Funny business on The Farm?

This month’s Table For One is Grainne Burns who dined out in The Farm – an organic eatery on Dublin’s Dawson Street

I am over the whole organic fad. I can no longer justify forking out €5 for a bag of carrots simply because the organic tag dominates the packaging. And the joy of scouring farmers’ markets has long weaned. It is just me or are those markets looking more like Albert Square and less like an artisan-type area?
So what was it that drew me to The Farm on Dawson Street you may ask the newly converted ‘three bags of carrots for a fiver from Tesco’ shopper? Well firstly because the idea that any restaurant would self-proclaim and categorise itself as an organic eatery is in itself both unique and indeed risky. Clearly, I thought, these proprietors know what they are doing and aren’t afraid to market themselves as a one-dimensional restaurant. Too many eateries of late try to be a catch-all business, doing a bit of European, Thai, Chinese and, of course, modern Irish flare, whatever that is supposed to be.
There is also the small matter that I was nearly the victim of one of The Farm’s promoters – an in the two unfortunate men who have the unenviable task of standing with the placards promoting the premises on the corner of Dawson Street. But advertising aside, I went ahead with my request of a table for one on a slow Wednesday evening after work, with a hint of trepidation and a hunger pain that needed healing.
The Farm has suffered the wrath of a number of unfavourable reviews since it opened its doors sometime last year, however word on the street and on menupages.ie had more mellow reports, and this is an indifferent one.
Let me get my first gripe out of the way – if you are going to promote the premises as an organic restaurant, is it too much to ask to print and promote its suppliers to clarify that all produce are indeed sourced from registered organic producers? And that is enough of moaning, for this week anyway.
The restaurant, which as the name suggests is quite green and open in design and layout, is one of those places where you can walk in at ease and feel comfortable dining alone – something that is fairly rare in Dublin, or indeed outside of The Pale.
And so the menu. It’s a simple one with all the regulars, however one would be forgiven if they thought they had fallen into a gastropub rather than a restaurant on one of Dublin’s most prosperous streets.
I opted for the chicken wings, which were as they should be – small, sticky and enough to whet the appetite and expand the waistline. The mains are split into three sections, including everything from duck to Connemara lamb, followed by the vegetarian and burgers section. All in all it is a fairly comprehensive offering but quite expensive for such simple meals. You can expect to hand over nearly €20 for grilled sea bass or at €14 for a vegetable stir fry
So I continued where I began and chose the ‘Chicks in Town’ burger, which is essentially a breast of obviously ‘organic’ chicken marinated in a mango and chilli sauce and served on homemade foccacia with a mango chutney and salad.
Call it a fancy chicken burger, or a prototype of those new gourmet burgers, which are now as common as the Big Mac, but this was a tasty dish, well presented and ample enough to keep hunger at bay until morning.

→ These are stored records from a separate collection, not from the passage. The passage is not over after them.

//! The top call of the compiler: it reads the words, and builds, watches, shows the demo or lays templates out.
//!
//! In reading order: `handed_back` (what it hands back), `closing` (the line of an end), `building`, `keeping` (a build with a keeper), `watching`, `showing` (the demo), `formatting`, `top` (`pan`).
#![tactic(auto)]

mod building;
mod closing;
mod formatting;
mod handed_back;
mod keeping;
mod showing;
mod top;
mod watching;

pub use handed_back::HandedBack;
pub use site_build::Devices;
pub use top::pan;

At €15.95 though it would want to.
The wine and beer list had all the regulars, the former of course being full of organic offerings if you are into that kind of drink. I did sample one glass of the Italian range, however after one sip it was enough to remind me that my taste buds just don’t take too kindly to organic wine.
While the Farm has had its teething problems, it seems a popular place for breakfast and weekend brunches and while for many it’s a hit and miss, it’s worth taking a trip.

The Farm is located on 3 Dawson Street, Dublin 2, tel: +353 (0)1 6718654.